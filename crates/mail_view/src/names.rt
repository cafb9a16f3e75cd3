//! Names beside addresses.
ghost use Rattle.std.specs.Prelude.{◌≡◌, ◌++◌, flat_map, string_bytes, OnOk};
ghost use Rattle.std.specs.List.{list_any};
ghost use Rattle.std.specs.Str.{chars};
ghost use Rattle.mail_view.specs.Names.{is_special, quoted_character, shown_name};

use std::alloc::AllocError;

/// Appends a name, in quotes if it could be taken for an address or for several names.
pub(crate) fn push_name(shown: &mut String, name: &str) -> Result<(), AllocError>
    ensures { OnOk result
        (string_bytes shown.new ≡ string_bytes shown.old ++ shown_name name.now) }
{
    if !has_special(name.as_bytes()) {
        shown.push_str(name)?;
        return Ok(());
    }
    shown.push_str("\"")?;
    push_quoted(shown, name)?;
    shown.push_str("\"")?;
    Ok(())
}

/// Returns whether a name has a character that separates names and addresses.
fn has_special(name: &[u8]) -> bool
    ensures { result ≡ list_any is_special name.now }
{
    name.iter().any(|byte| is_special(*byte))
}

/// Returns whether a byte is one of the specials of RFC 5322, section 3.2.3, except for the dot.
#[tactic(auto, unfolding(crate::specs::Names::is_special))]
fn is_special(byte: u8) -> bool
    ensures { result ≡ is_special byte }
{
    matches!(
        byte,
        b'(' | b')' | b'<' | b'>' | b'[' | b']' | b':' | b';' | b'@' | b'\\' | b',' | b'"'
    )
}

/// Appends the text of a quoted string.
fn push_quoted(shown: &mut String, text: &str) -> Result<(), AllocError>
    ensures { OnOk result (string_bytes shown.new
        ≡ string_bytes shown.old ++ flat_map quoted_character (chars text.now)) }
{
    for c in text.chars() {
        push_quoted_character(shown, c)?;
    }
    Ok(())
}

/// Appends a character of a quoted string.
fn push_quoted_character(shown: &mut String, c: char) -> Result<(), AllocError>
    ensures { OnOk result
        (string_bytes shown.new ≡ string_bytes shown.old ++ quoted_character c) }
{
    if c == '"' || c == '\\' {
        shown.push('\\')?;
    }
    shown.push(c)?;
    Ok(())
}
□ □ □ □ □ □ □
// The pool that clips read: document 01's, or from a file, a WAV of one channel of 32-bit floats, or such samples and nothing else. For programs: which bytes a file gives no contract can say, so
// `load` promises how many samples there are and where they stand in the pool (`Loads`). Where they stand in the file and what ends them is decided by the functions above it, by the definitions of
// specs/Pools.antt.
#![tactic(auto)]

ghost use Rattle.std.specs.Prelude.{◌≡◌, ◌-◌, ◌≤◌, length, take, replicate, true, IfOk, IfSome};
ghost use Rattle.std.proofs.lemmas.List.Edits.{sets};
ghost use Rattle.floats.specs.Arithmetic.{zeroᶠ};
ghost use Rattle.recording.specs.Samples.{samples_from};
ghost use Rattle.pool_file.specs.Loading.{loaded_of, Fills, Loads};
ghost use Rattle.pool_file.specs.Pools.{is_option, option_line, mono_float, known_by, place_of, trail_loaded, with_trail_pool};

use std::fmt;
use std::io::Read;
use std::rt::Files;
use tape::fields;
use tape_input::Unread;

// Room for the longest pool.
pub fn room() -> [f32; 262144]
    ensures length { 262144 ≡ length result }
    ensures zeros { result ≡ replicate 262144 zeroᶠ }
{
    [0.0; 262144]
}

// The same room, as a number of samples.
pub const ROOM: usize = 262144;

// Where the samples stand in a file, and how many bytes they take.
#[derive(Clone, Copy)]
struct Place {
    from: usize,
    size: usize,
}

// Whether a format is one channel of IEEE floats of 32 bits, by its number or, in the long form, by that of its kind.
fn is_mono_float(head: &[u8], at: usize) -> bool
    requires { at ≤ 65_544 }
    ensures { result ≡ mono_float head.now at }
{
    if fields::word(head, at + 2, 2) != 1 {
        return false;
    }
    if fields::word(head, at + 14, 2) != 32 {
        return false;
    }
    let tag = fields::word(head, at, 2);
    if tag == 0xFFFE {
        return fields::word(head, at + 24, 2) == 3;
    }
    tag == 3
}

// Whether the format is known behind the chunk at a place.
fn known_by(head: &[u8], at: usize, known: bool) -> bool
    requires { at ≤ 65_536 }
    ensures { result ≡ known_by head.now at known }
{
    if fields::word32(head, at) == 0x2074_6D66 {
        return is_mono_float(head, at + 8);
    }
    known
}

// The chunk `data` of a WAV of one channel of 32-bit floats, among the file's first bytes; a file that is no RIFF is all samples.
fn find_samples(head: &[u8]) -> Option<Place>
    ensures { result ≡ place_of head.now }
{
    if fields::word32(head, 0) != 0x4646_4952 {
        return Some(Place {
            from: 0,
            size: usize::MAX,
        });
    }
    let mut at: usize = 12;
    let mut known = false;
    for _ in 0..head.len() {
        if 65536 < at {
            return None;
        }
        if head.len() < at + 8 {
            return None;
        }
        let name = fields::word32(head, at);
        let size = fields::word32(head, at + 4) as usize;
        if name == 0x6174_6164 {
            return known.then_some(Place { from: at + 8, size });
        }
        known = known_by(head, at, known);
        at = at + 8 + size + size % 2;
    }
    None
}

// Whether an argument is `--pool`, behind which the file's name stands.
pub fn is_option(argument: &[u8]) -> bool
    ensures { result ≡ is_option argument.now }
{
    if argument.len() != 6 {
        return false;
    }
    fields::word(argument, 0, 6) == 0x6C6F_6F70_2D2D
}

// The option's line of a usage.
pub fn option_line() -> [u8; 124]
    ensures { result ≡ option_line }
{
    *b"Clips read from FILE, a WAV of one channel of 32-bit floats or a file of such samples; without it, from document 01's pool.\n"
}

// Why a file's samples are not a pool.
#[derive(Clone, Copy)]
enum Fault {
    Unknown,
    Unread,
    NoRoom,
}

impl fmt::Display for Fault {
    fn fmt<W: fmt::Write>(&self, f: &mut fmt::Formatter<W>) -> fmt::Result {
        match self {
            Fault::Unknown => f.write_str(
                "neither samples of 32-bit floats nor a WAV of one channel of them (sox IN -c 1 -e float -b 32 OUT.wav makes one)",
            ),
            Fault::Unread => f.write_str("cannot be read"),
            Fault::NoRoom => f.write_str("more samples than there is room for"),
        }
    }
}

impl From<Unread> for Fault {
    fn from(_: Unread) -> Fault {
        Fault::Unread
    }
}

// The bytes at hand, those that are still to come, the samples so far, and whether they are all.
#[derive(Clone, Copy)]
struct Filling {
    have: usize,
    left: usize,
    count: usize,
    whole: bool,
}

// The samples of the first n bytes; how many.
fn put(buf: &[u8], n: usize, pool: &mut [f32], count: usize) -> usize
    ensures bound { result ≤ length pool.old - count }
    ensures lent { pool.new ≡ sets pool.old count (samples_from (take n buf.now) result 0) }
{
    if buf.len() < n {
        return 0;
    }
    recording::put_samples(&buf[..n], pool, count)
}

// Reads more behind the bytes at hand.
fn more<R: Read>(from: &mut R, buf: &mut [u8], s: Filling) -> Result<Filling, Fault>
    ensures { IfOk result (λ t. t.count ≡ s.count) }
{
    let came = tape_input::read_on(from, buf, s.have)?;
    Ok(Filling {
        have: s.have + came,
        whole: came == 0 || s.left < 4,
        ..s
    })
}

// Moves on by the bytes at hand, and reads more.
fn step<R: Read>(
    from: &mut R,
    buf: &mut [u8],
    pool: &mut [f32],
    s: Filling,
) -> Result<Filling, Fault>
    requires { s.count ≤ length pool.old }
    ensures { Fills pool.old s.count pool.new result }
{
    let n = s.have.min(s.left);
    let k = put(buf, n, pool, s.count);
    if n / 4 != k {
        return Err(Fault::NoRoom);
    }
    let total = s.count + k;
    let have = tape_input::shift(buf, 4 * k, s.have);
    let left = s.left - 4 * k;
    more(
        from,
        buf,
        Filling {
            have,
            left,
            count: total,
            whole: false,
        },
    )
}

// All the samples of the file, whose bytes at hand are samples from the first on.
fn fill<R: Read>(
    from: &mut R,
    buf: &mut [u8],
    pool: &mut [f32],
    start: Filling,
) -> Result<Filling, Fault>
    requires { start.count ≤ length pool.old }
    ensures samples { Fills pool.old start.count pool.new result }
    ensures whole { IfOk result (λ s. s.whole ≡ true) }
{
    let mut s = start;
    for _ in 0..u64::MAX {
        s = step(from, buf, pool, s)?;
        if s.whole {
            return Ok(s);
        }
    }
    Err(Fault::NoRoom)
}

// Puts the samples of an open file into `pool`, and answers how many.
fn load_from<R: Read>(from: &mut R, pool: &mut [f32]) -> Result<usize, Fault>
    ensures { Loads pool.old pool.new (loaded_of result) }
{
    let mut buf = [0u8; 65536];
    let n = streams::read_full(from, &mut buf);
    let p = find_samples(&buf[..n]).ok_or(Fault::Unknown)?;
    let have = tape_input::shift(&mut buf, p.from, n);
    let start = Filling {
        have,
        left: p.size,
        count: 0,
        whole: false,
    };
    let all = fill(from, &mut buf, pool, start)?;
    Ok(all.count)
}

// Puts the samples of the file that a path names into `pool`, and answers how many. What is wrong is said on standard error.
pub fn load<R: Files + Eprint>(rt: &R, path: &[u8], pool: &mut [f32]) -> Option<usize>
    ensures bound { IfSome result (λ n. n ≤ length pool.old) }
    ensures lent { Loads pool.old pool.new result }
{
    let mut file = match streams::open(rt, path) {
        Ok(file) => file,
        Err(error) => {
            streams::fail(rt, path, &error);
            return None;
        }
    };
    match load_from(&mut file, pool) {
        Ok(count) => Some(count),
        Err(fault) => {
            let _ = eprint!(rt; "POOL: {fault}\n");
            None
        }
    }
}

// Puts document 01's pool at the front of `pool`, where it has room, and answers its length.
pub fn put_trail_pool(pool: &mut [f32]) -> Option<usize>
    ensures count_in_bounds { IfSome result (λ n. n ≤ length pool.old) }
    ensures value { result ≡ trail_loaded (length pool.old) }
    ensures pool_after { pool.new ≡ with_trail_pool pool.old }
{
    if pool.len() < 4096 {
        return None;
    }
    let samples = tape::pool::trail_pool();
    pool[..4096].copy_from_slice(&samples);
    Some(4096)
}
□ □ □ □ □ □ □
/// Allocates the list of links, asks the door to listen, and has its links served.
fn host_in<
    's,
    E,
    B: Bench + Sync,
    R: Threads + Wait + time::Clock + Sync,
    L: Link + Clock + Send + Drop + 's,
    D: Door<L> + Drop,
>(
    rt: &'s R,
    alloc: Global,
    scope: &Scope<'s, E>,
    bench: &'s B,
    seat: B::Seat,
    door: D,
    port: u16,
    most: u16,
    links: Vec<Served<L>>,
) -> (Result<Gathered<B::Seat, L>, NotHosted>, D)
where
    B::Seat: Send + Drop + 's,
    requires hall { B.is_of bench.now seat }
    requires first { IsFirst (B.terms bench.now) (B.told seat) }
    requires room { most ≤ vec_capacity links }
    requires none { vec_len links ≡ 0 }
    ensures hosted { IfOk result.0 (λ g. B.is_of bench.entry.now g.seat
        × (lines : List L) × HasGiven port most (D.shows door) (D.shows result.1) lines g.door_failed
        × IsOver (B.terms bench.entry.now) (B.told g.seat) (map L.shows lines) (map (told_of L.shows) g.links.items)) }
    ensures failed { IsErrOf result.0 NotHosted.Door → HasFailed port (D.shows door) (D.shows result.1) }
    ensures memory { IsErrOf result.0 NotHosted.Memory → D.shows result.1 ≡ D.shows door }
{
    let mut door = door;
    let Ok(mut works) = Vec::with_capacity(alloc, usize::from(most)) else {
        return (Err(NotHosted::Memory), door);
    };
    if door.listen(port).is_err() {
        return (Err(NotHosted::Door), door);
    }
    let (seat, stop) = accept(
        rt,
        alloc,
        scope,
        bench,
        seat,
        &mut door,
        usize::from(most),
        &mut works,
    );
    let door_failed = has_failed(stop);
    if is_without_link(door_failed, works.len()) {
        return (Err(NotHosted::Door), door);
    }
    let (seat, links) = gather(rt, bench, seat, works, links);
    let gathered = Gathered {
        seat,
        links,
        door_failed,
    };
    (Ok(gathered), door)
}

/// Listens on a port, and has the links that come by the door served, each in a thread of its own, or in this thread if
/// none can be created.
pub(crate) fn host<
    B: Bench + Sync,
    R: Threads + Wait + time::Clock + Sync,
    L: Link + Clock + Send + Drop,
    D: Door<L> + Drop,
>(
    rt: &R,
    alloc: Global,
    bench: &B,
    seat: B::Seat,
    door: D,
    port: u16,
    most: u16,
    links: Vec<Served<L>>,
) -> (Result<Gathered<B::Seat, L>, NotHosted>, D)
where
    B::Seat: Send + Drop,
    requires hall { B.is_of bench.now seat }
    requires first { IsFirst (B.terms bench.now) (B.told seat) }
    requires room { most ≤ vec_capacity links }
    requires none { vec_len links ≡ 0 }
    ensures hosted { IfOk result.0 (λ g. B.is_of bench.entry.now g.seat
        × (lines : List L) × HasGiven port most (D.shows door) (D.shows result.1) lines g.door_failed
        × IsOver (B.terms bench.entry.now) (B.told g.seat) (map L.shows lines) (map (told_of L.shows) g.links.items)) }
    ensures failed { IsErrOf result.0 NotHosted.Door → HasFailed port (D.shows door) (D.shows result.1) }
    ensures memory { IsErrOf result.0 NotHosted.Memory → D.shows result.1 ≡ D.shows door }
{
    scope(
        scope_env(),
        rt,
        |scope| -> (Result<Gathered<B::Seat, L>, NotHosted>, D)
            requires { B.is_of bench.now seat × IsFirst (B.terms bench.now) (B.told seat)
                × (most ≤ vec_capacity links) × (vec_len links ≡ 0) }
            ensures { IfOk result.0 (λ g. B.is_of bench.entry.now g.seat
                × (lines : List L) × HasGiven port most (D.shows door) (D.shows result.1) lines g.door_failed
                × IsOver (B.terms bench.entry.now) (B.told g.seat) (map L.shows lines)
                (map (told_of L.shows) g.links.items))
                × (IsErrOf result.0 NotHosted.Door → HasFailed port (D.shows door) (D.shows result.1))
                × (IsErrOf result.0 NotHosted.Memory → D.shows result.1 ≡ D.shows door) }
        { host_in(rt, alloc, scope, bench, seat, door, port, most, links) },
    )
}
□ □ □ □ □ □ □
§ **Assignment**:
Only the number should be given: the count of lines above that hold the word "self".

§ **Output for this exercise**:
2